Stored data:
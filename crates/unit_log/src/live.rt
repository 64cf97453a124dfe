//! The live log sectors of a unit.
ghost use Rattle.std.specs.Prelude.{◌≡◌, ◌<◌, ◌≤◌, ◌+◌, [], ◌∷◌, ℕ, List, length, slice_index, Some, IsSomeAnd, IfOk, IfSome, OnOk, MatchResult, All};
ghost use Rattle.ipl_base.specs.declared.limits.TheConstants.{PAGE_SECTORS, PAYLOAD_LEN};
ghost use Rattle.chip_trait.specs.Told.{Told};
ghost use Rattle.ipl_base.specs.declared.fault.ChipFault.TheVariants.{ReadFault};
ghost use Rattle.ipl_format.specs.Header.{SpellsDataHeader};
ghost use Rattle.ipl_format.specs.Sector.{Sector};
ghost use Rattle.ipl_meaning.specs.Chart.{chart_of};
ghost use Rattle.ipl_meaning.specs.Masks.{of_page};
ghost use Rattle.overflow.specs.Lists.{spots_in};
ghost use Rattle.unit_io.specs.Kinds.{sector_named};
ghost use Rattle.unit_io.specs.Reads.{OfContents};
ghost use Rattle.unit_log.specs.Live.{HaveUnit, MatchesLayout, OfMirrored, HasHead, SaysHead, HasUnitHead};
ghost use Rattle.unit_io.specs.Costs.{Spends};
ghost use Rattle.unit_io.specs.ReadsAt.{IsAt};
ghost use Rattle.unit_log.specs.Looks.{IsLogRead, LooksAt};
ghost use Rattle.unit_log.specs.Often.{header_and_log, ReadsListed};
ghost use Rattle.unit_log.specs.Paged.{page_spots, IsLiveOf, IsPageLogRead, AddsAtMost};

use crate::pages::page_spots;
use crate::reading::{Owner, read_listed, read_sectors};
use crate::scratch::Scratch;
use chip_trait::Chip;
use ipl_base::{ChipFault, SECTORS};
use overflow::Overflow;
use sector_format::Head;
use unit_directory::Directory;
use unit_io::read_head;
use unit_layout::read_data_header;

/// What the header of a unit says: its version, which its base sectors have, its generation, and the
/// number of base sectors of each of its 15 pages, 0 to 16.
#[derive(Clone, Copy, Debug, PartialEq, Eq)]
pub struct UnitHead {
    pub version: u8,
    pub generation: u64,
    pub pieces: [u8; 15],
}

/// The header of this unit that was found, or none.
fn header_in(found: Option<(Head, usize)>, bytes: &[u8; 512], unit: u32) -> Option<UnitHead>
    requires { IfSome found (λ it. it.1 ≤ PAYLOAD_LEN) }
    ensures some { (head : Sector) (units : ℕ) → sector_named bytes.now found ≡ Some head
        → head.kind ≡ 1 → head.unit ≡ unit
        → (pieces : List ℕ) → SpellsDataHeader head.version units pieces head.payload
        → IsSomeAnd result (λ r. (r.generation ≡ head.generation) × (r.pieces ≡ pieces)
        × (r.version ≡ head.version)) }
    ensures found { IfSome result (λ r. (head : Sector)
        × (sector_named bytes.now found ≡ Some head) × SaysHead head unit r) }
    ensures few { IfSome result (λ r. All (λ n. n ≤ PAGE_SECTORS) r.pieces) }
{
    let (head, used) = found?;
    if head.kind != Head::DATA_HEADER || head.unit != unit {
        return None;
    }
    let header = read_data_header(&bytes[32..32 + used], head.version)?;
    let pieces = header.pieces;
    Some(UnitHead {
        version: head.version,
        generation: head.generation,
        pieces,
    })
}

/// Reads the header of a unit at its place.
fn read_header<C: Chip>(chip: &mut C, place: u32, unit: u32) -> Result<UnitHead, ChipFault>
    requires { place < (C.told chip.old).places }
    ensures exact { OfContents (C.told chip.old) (λ x. (head : Sector) (pieces : List ℕ)
        → HasHead (chart_of x) place unit head pieces
        → MatchResult result (λ r. (r.generation ≡ head.generation) × (r.pieces ≡ pieces)
        × (r.version ≡ head.version))
        (λ fault. fault ≡ ReadFault)) }
    ensures header { IfOk result (λ r. OfContents (C.told chip.old) (λ x.
        HasUnitHead (chart_of x) place unit r)) }
    ensures few { IfOk result (λ r. All (λ n. n ≤ PAGE_SECTORS) r.pieces) }
    ensures looks { LooksAt (IsAt place 0) result (C.told chip.old) (C.told chip.new) }
    ensures one { AddsAtMost 1 (C.told chip.old) (C.told chip.new) }
    ensures often { Spends (ReadsListed ((place, 0) ∷ [])) (C.told chip.old) (C.told chip.new) }
{
    let mut bytes = [0; 512];
    let found = read_head(chip, place, &mut bytes)?;
    match header_in(found, &bytes, unit) {
        Some(header) => Ok(header),
        None => Err(ChipFault::Malformed { place, sector: 0 }),
    }
}

/// Reads the header of a unit, and its live log sectors: those at its place and those that the
/// overflow lists name. They are in the scratch memory then, in rising order of their serials, at
/// most 31; what was there before is gone, however the call ends.
///
/// Where the tables mirror what the chip holds, these are the log sectors of the unit, and it fails
/// only where a read failed. Else it may find a sector malformed: sector 0 of the unit's place,
/// where that is no header of the unit any more, or a log sector that is no list of records or has
/// a serial that another one has. It reads the header and each log sector once, those elsewhere as
/// often as the overflow lists name them.
pub fn read_live<C: Chip>(
    chip: &mut C,
    directory: &Directory,
    overflow: &Overflow,
    unit: u32,
    scratch: &mut Scratch,
) -> Result<UnitHead, ChipFault>
    requires unit { HaveUnit (C.told chip.old).places directory.now overflow.now unit }
    ensures exact { OfMirrored (C.told chip.old) directory.now overflow.now (λ it.
        MatchResult result (λ head. MatchesLayout it unit head scratch.new) (λ fault. fault ≡ ReadFault)) }
    ensures header { IfOk result (λ head. OfContents (C.told chip.old) (λ x.
        HasUnitHead (chart_of x) (slice_index directory.now.current unit) unit head)) }
    ensures few { IfOk result (λ head. All (λ n. n ≤ PAGE_SECTORS) head.pieces) }
    ensures looks { LooksAt
        (IsLogRead (slice_index directory.now.current unit) (spots_in overflow.now unit))
        result (C.told chip.old) (C.told chip.new) }
    ensures often { Spends (ReadsListed
        (header_and_log (slice_index directory.now.current unit) (spots_in overflow.now unit)))
        (C.told chip.old) (C.told chip.new) }
{
    directory.facts();
    let place = directory.current(unit);
    let end = directory.next_log(unit).unwrap_or(SECTORS);
    scratch.clear();
    let head = read_header(chip, place, unit)?;
    let spots = overflow.list(unit);
    let owner = Owner {
        unit,
        generation: head.generation,
    };
    read_sectors(chip, owner, place, end, spots.as_slice(), scratch)?;
    scratch.facts();
    Ok(head)
}

/// Reads the header of a unit, and those of its live log sectors that have a record of a page (0 to
/// 14), as the masks in the tables tell it. They are in the scratch memory then, in rising order of
/// their serials; what was there before is gone, however the call ends. No other sector is read, and
/// none twice.
///
/// Where the tables mirror what the chip holds, these are all that have one, and it fails only where
/// a read failed. Else it may find a sector malformed, as `read_live` does.
pub fn read_page_log<C: Chip>(
    chip: &mut C,
    directory: &Directory,
    overflow: &Overflow,
    unit: u32,
    page: u32,
    scratch: &mut Scratch,
) -> Result<UnitHead, ChipFault>
    requires unit { HaveUnit (C.told chip.old).places directory.now overflow.now unit }
    requires page { page < 15 }
    ensures exact { OfMirrored (C.told chip.old) directory.now overflow.now (λ it.
        MatchResult result (λ head. IsLiveOf it unit page head scratch.new)
        (λ fault. fault ≡ ReadFault)) }
    ensures as_many { OnOk result (OfMirrored (C.told chip.old) directory.now overflow.now (λ it.
        length (page_spots directory.now overflow.now unit page)
        ≡ length (of_page page (it.units unit).log))) }
    ensures few { IfOk result (λ head. All (λ n. n ≤ PAGE_SECTORS) head.pieces) }
    ensures looks { LooksAt
        (IsPageLogRead (slice_index directory.now.current unit)
        (page_spots directory.now overflow.now unit page))
        result (C.told chip.old) (C.told chip.new) }
    ensures each { AddsAtMost (1 + length (page_spots directory.now overflow.now unit page))
        (C.told chip.old) (C.told chip.new) }
{
    directory.facts();
    let place = directory.current(unit);
    let spots = page_spots(directory, overflow, unit, page);
    scratch.clear();
    let head = read_header(chip, place, unit)?;
    let owner = Owner {
        unit,
        generation: head.generation,
    };
    read_listed(chip, owner, spots.as_slice(), scratch)?;
    scratch.facts();
    Ok(head)
}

Task item: Each line in the entries above that includes the string "there" adds to the count; state that count only.

Exercise response: 2